## Problem description
Restate, word for word and with nothing added, the lines from the one containing "OfItem C.name C.step" through the last line of the material below.

## Task input
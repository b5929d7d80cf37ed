//! What follows for every item. These functions do nothing: their contracts are the laws.

ghost use Rattle.std.specs.Prelude.{ℕ, List};
ghost use Rattle.std.specs.List.{AllByRecursion};
ghost use Rattle.pt_ast.specs.Trees.{ItemTree, SuiteTree};
ghost use Rattle.pt_ast.specs.Suites.{IsTyped};
ghost use Rattle.pt_case.specs.declared.record.Record.{Record};
ghost use Rattle.pt_case.specs.Ending.{is_pass};
ghost use Rattle.pt_case.specs.Source.{Source};
ghost use Rattle.pt_case.specs.Run.{IsRecordOver};
ghost use Rattle.pt_item.specs.Item.{IsHandedIn, OfItem};
ghost use Rattle.pt_item.specs.Noted.{NotedBy};

use pt_case::Check;
use pt_machine::a_machine_notes_its_steps;
use pt_prop::a_property_notes_what_it_draws;

/// Where a suite is well typed, each of its items that asks for a check has one of its name among those that are handed in.
pub fn typed_items_are_handed_in()
    ensures { (known : List (List ℕ)) (suite : SuiteTree) → IsTyped known suite → AllByRecursion (IsHandedIn known) suite.items }
{}

/// Each record of an item's check, whatever its choices came from, notes what the item's strategies, bundles and steps allow.
pub fn an_item_notes_what_it_draws<C: Check>(checks: &[C])
    ensures { (item : ItemTree) (source : Source) (rec : Record) →
        OfItem C.name C.step checks.now item (λ says. IsRecordOver says source rec) → NotedBy item (is_pass rec.ending) rec.notes }
{
    a_property_notes_what_it_draws();
    a_machine_notes_its_steps();
}
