use crate::ItemCheck;
use pt_case::Check;
use pt_choice::may_be_shared;

fn workers_share_them<'a, C: Check + 'a>() {
    may_be_shared::<ItemCheck<'a, C>>();
}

## Response to the exercise
        OfItem C.name C.step checks.now item (λ says. IsRecordOver says source rec) → NotedBy item (is_pass rec.ending) rec.notes }
{
    a_property_notes_what_it_draws();
    a_machine_notes_its_steps();
}
use crate::ItemCheck;
use pt_case::Check;
use pt_choice::may_be_shared;

fn workers_share_them<'a, C: Check + 'a>() {
    may_be_shared::<ItemCheck<'a, C>>();
}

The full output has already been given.